I received mine last week, and decided I wanted to take it apart, its pretty easy if you have some thick tape, some pipe pliers and a vice,
I did this and it loosend with out too much effort.


----------



## cranphin (Sep 18, 2007)

mitchell300 said:


> I received mine last week, and decided I wanted to take it apart, its pretty easy if you have some thick tape, some pipe pliers and a vice,
> I did this and it loosend with out too much effort.



Hmm, I've got bad experiences with things like that 
And this is the DX model ?

Any pictures ?


----------



## Flymo (Sep 18, 2007)

I received mine last week, but it is NOT HA-III (like the advertisment said) but HA-II and that is to bad.

Pros: 
Emitter is very good in the center.
Nice spot and spillbeam, good throw.
variable output
18650 battery fits good
RCR123A fits good.
125 + lumen (I think)
Nice and clean allu. reflector
Good overall runtime.
Good price.($35.00)
Lanyard (cheapest available) included.

Cons: 
The tailswitch is much to soft and go's very easily on.
HA-II finish.Non-Mil-Spec black version. 
Head cannot be unscrewed.
No AR coated glaslens.
Tailswitch smells funny.
Threads where bonedry (easy to fix).
Bit to long IMHO.


----------



## cranphin (Sep 18, 2007)

Flymo said:


> I received mine last week, but it is NOT HA-III (like the advertisment said) but HA-II and that is to bad.



I believe you, but how can you tell it's HA-II and not HA-III ? 

I kinde like the soft tail clicky btw.
Can use it to signal or light something up very shortly 

Think that's what's called a forward clicky ?



So will you be sending it back with no HA-III ?


----------



## Flymo (Sep 18, 2007)

I have also a Pentagonlight L2 with a (absolute) HA-III finish (IMO, better than Surefire) and the difference is very noticeable.
And yes, I send it back. (I ONLY want flashlights with HA-III finish).
Or somebody else want to buy it from me. (than they can send me a PM).


----------



## Gunner12 (Sep 18, 2007)

Sorry but this is one of my pet peeves, There is not such thing as HA-II, only, HA-III. Type-II anodizing is NOT HA, HA refers to Type-III anodizing (So saying HA-III is kinda repetitive).
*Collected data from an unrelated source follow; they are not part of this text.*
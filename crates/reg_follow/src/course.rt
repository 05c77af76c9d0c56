// The progress of the thread that takes lines, for other threads.
use crate::ended::FollowError;
use std::sync::atomic::{AtomicBool, AtomicU64, Ordering};
use std::sync::{Mutex, Wait};

/// The progress of the thread that takes the lines of a log. Any thread may ask; no call but `fail`
/// and `error` blocks.
#[derive(Drop)]
pub struct Course {
    lines: AtomicU64,
    has_ended: AtomicBool,
    has_failed: AtomicBool,
    is_left: AtomicBool,
    error: Mutex<Option<FollowError>>,
}

impl Course {
    /// Makes the course of a thread that has taken no line.
    pub fn new() -> Course {
        Course {
            lines: AtomicU64::new(0),
            has_ended: AtomicBool::new(false),
            has_failed: AtomicBool::new(false),
            is_left: AtomicBool::new(false),
            error: Mutex::new(None),
        }
    }

    /// Returns how many lines were taken.
    pub fn lines(&self) -> u64 {
        self.lines.load(Ordering::SeqCst)
    }

    /// Notes that so many lines were taken in all.
    pub fn note(&self, lines: u64) {
        self.lines.store(lines, Ordering::SeqCst);
    }

    /// Returns whether no more lines will be taken, for whatever reason.
    pub fn has_ended(&self) -> bool {
        self.has_ended.load(Ordering::SeqCst)
    }

    /// Returns whether lines aren't taken any more because of an error.
    pub fn has_failed(&self) -> bool {
        self.has_failed.load(Ordering::SeqCst)
    }

    /// Notes that no more lines will be taken.
    pub fn end(&self) {
        self.has_ended.store(true, Ordering::SeqCst);
    }

    /// Notes that no more lines will be taken because of this error.
    pub fn fail<R: Wait>(&self, rt: &R, error: FollowError) {
        *self.error.lock(rt) = Some(error);
        self.has_failed.store(true, Ordering::SeqCst);
        self.end();
    }

    /// Returns the error for which lines aren't taken any more; `None` if there is none.
    pub fn error<R: Wait>(&self, rt: &R) -> Option<FollowError> {
        *self.error.lock(rt)
    }

    /// Notes that nobody needs the desks' list any more.
    pub fn leave(&self) {
        self.is_left.store(true, Ordering::SeqCst);
    }

    /// Returns whether nobody needs the desks' list any more.
    pub fn is_left(&self) -> bool {
        self.is_left.load(Ordering::SeqCst)
    }
}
Type-II can usually be scratched by a knife and is easily colored while HA, HA-III or Type-III(what ever you choose to call it) is usually natural or black. Sorry if I seemed angry, I was not.
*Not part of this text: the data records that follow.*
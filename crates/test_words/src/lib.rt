//! Commands, queries, replies, records and logs in words, as cases write them.
//!
//! A command or a query is a kind, with a `+` where `permanent`, `force`, `deleted`, `verbose` or `default_global` is true, and arguments,
//! where `*` is all subjects and `-` no version. Commands are `register SUBJECT SCHEMA`, `import SUBJECT ID VERSION SCHEMA`, `delete SUBJECT
//! VERSION`, `delete_all SUBJECT`, `set_level SUBJECT LEVEL`, `clear_level SUBJECT`, `set_mode SUBJECT MODE`, `clear_mode SUBJECT` and
//! `noop`. Queries are `schema ID`, `id_versions ID`, `subjects`, `versions SUBJECT`, `version SUBJECT VERSION`, `version_schema SUBJECT
//! VERSION`, `lookup SUBJECT SCHEMA`, `check SUBJECT VERSION SCHEMA`, or without the version, `level SUBJECT` and `mode SUBJECT`. A schema is
//! the name of a primitive type, or its text; behind a `=`, its text as bytes are written, and so is a subject.
#![tactic(auto)]

mod commands;
mod logs;
mod queries;
mod replies;
mod words;

pub use commands::command_in_words;
pub use logs::{empty_log, lines_in, log_of, push_lines, record_of, registry_of};
pub use queries::query_in_words;
pub use reg_leader;
pub use reg_lookup;
pub use replies::{adoption_error_text, answer_text, refusal_text, reply_text};
pub use words::{level_of, mode_of, parts_of, schema_of, scope_of, subject_in_words};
The VB-16 would be a better deal if it had more differences in the modes. But for the price it is pretty good.


----------



## cranphin (Sep 18, 2007)

Gunner12 said:


> Sorry but this is one of my pet peeves, There is not such thing as HA-II, only, HA-III. Type-II anodizing is NOT HA, HA refers to Type-III anodizing (So saying HA-III is kinda repetitive). Type-II can usually be scratched by a knife and is easily colored while HA, HA-III or Type-III(what ever you choose to call it) is usually natural or black. Sorry if I seemed angry, I was not.
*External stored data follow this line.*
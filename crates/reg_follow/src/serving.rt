// The threads and ports that follow lines.
ghost use Rattle.std.specs.Prelude.{◌≡◌, ◌<◌};
ghost use Rattle.std.specs.FinSet.{empty};

use crate::course::Course;
use crate::ended::{FollowError, LinesEnd};
use crate::intake::Intake;
use crate::reading::follow_lines;
use reg_desk::{FeedDesk, Nobody};
use reg_feed::{Copies, FeedName, Stored, Unnamed, feed};
use reg_meters::Traffic;
use reg_node::{Draw, Taken};
use reg_service::{Endpoints, Follow, ServiceError, Size, serve_desks};
use std::alloc::Global;
use std::io::{BufRead, Eprint};
use std::marker::Brand;
use std::net::Net;
use std::sync::{Arc, Wait};
use std::thread::{self, Parker, Threads};
use std::time::{Clock, Duration};

/// The most workers of a port.
const WORKERS_LIMIT: u32 = 1_024;

/// How often the program looks whether lines have come, in milliseconds.
const LOOK: u64 = 20;

/// Ports listen once no line has come for this long after the first one, in milliseconds.
const QUIET: u64 = 500;

/// Ports listen after this long even if no line has come, in milliseconds.
const PATIENCE: u64 = 10_000;

/// A desk over the list of taken records. It refuses commands.
pub type FollowDesk<M, U> = FeedDesk<Draw, Taken, M, U, Nobody>;

/// Tells the ports when lines can't be taken any more. It has nothing to bring to them: the thread
/// that takes lines publishes their list.
#[derive(Drop)]
struct Watching<'a> {
    course: &'a Course,
    grown: Parker,
}

impl Follow for Watching<'_> {
    fn follow(&self) {}

    fn is_over(&self) -> bool {
        self.course.has_failed()
    }

    fn grown(&self) -> &Parker {
        &self.grown
    }
}

/// Serves the registry that a reader's lines describe, at the ports that `endpoints` opens, each
/// with at most 1,024 workers. Commands are refused. The ports listen once 500 ms have passed
/// without a line after the first one, once 10 s have passed without any, or once the input has
/// ended. The end of the input is reported on the error output, and the ports go on with what they
/// have. `traffic` counts their connections and requests.
///
/// With a limit the call returns once all ports have ended. Without one it returns only if lines
/// can't be taken any more or the ports can't be started.
pub fn serve_lines<
    B: BufRead + Send + Drop + 'static,
    R: Threads + Wait + Clock + Net + Eprint + Sync + Send + Copy + Drop + 'static,
    E: Endpoints,
>(
    rt: R,
    alloc: Global,
    size: Size,
    reader: B,
    traffic: &Traffic,
    endpoints: &mut E,
) -> Result<(), FollowError> {
    let size = size.with_workers(1, WORKERS_LIMIT);
    serve_feed::<Brand, B, R, E>(rt, alloc, size, Unnamed::new(), reader, traffic, endpoints)
}

/// Makes the feed of all ports, starts the thread that takes lines, and serves by desks over that
/// feed.
fn serve_feed<
    M: FeedName<Draw, Taken> + Send + Sync + 'static,
    B: BufRead + Send + Drop + 'static,
    R: Threads + Wait + Clock + Net + Eprint + Sync + Send + Copy + Drop + 'static,
    E: Endpoints,
>(
    rt: R,
    alloc: Global,
    size: Size,
    list: Unnamed<Draw>,
    reader: B,
    traffic: &Traffic,
    endpoints: &mut E,
) -> Result<(), FollowError>
    requires { (list.reached.book ≡ M.book) × (M.first ≡ empty) }
{
    let count = size.desks();
    let mut intake = make_intake::<M, R>(rt, alloc, list, count)?;
    let mut desks = make_desks(alloc, &mut intake, count)?;
    let course = start(&rt, alloc, Taking { rt, reader, intake })?;
    wait_for_lines(&rt, &course);
    let served = serve_course(&rt, alloc, size, &course, &mut desks, traffic, endpoints);
    course.leave();
    served
}

/// Makes what takes lines, over a feed of its own with places for `readers` readers.
fn make_intake<M: FeedName<Draw, Taken>, R: Wait + Drop>(
    rt: R,
    alloc: Global,
    list: Unnamed<Draw>,
    readers: u32,
) -> Result<Intake<M, Stored<Draw, Taken, M>, R>, ServiceError>
    requires name { (list.reached.book ≡ M.book) × (M.first ≡ empty) }
    requires readers { 0 < readers }
{
    let out = feed::<Draw, Taken, M, R>(rt, alloc, list, Taken::new(alloc), readers as usize)?;
    Ok(Intake::new(alloc, Box::new(alloc, out)?))
}

/// Makes `count` desks over the feed of what takes lines.
fn make_desks<M: FeedName<Draw, Taken>, U: Copies<Draw, Taken, M>, R: Wait + Drop>(
    alloc: Global,
    intake: &mut Intake<M, U, R>,
    count: u32,
) -> Result<Vec<FollowDesk<M, U>>, ServiceError> {
    let mut desks = Vec::new(alloc);
    for _desk in 0..count {
        let view = intake.view()?;
        desks.push(FeedDesk::new(Nobody, view))?;
    }
    Ok(desks)
}

/// The work of a thread beside the ports.
trait Task {
    fn run(&mut self, course: &Course);
}

/// Takes lines, and keeps the desks' list alive until nobody needs it.
#[derive(Drop)]
struct Taking<B: Drop, M: FeedName<Draw, Taken>, U: Copies<Draw, Taken, M>, R: Wait + Drop> {
    rt: R,
    reader: B,
    intake: Intake<M, U, R>,
}

impl<
    B: BufRead + Drop,
    M: FeedName<Draw, Taken>,
    U: Copies<Draw, Taken, M>,
    R: Wait + Clock + Eprint + Drop,
> Task for Taking<B, M, U, R> {
    fn run(&mut self, course: &Course) {
        match follow_lines(&self.rt, &mut self.reader, &mut self.intake, course) {
            Ok(end) => {
                course.end();
                tell_end(&self.rt, end, self.intake.count());
            }
            Err(error) => course.fail(&self.rt, error),
        }
        for _ in self.rt.forever() {
            if course.is_left() {
                break;
            }
            thread::sleep(&self.rt, Duration::from_millis(LOOK));
        }
    }
}

/// Starts a thread and returns its course. Nobody joins the thread: its read may block for ever.
fn start<R: Threads, T: Task + Send + Drop + 'static>(
    rt: &R,
    alloc: Global,
    task: T,
) -> Result<Arc<Course, Global>, ServiceError> {
    let mut task = task;
    let course = Arc::new(alloc, Course::new())?;
    let own = Arc::try_clone(&course)?;
    match thread::spawn(rt, move || task.run(&own)) {
        Ok(_thread) => Ok(course),
        Err(_refused) => Err(ServiceError::NotStarted),
    }
}

/// Reports on the error output where the lines ended.
fn tell_end<R: Eprint>(rt: &R, end: LinesEnd, lines: u64) {
    let why = match end {
        LinesEnd::Input => "the input ended",
        LinesEnd::Unfinished => "the input ended in a line, which is dropped",
        LinesEnd::EmptyLine => "an empty line ended the log",
    };
    let _told = rt.eprintln(format_args!("{lines} lines taken: {why}"));
}

/// Waits until lines were taken and no more have come for a while, or none has come for long, or no
/// more can come.
fn wait_for_lines<R: Wait + Clock>(rt: &R, course: &Course) {
    let mut lines = 0;
    let mut waited: u64 = 0;
    for _ in rt.forever() {
        let patience = if lines == 0 { PATIENCE } else { QUIET };
        if course.has_ended() || waited >= patience {
            break;
        }
        thread::sleep(rt, Duration::from_millis(LOOK));
        waited = waited.saturating_add(LOOK);
        let now = course.lines();
        if now != lines {
            lines = now;
            waited = 0;
        }
    }
}

/// Serves by the desks, unless lines can't be taken.
fn serve_course<
    M: FeedName<Draw, Taken> + Send + Sync,
    U: Copies<Draw, Taken, M> + Send + Sync,
    R: Threads + Wait + Clock + Net + Sync + Send + Copy + Drop,
    E: Endpoints,
>(
    rt: &R,
    alloc: Global,
    size: Size,
    course: &Course,
    desks: &mut Vec<FollowDesk<M, U>>,
    traffic: &Traffic,
    endpoints: &mut E,
) -> Result<(), FollowError> {
    if let Some(error) = course.error(rt) {
        return Err(error);
    }
    let watching = Watching {
        course,
        grown: Parker::new(),
    };
    let reached = course.lines();
    serve_desks(
        rt,
        alloc,
        size,
        traffic,
        desks,
        endpoints,
        reached,
        Some(&watching),
    )?;
    match course.error(rt) {
        Some(error) => Err(error),
        None => Ok(()),
    }
}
Hey, no problem, I like accurate names 
Just keep forgetting what they are all the time 

Hmm, that's my problem, scratching with a knife is a destructive test 
And I don't have the eye for it


----------



## Flymo (Sep 19, 2007)

Gunner12, you are correct.

HA-II is a anodising on the surface (some of them use a extra paintcoating to make it rustproof).
HA-III is Hard Anodising with a different (expensiver) proces, that goes deeper, to make it scratch-resistant.
The kniveproof is nonsense and is not a industry standaard test.
There are 2 versions of HA-III, smooth and rough.


----------



## dts71 (Sep 19, 2007)

I was home and sick  this day but was rewarded with a VB-16 from dx (ordered 6 weeks ago). I can confirm that this is not the grey "*Mil-spec HA-III*", but rather what they refer to as "*a Non-Mil-Spec black version available for custom ordering*". Except for the lack of HA and the fact that there is more than plenty of dust behind the lens, I think it's a superb light :twothumbs 

+1 on holster recommendation

Any ideas of how to make the clickie less sensitive?
Is the *Waion VB-16 4th gen. *also this soft?


----------



## fasuto (Sep 21, 2007)

dts71 said:


> +1 on holster recommendation
> Is the *Waion VB-16 4th gen. *also this soft?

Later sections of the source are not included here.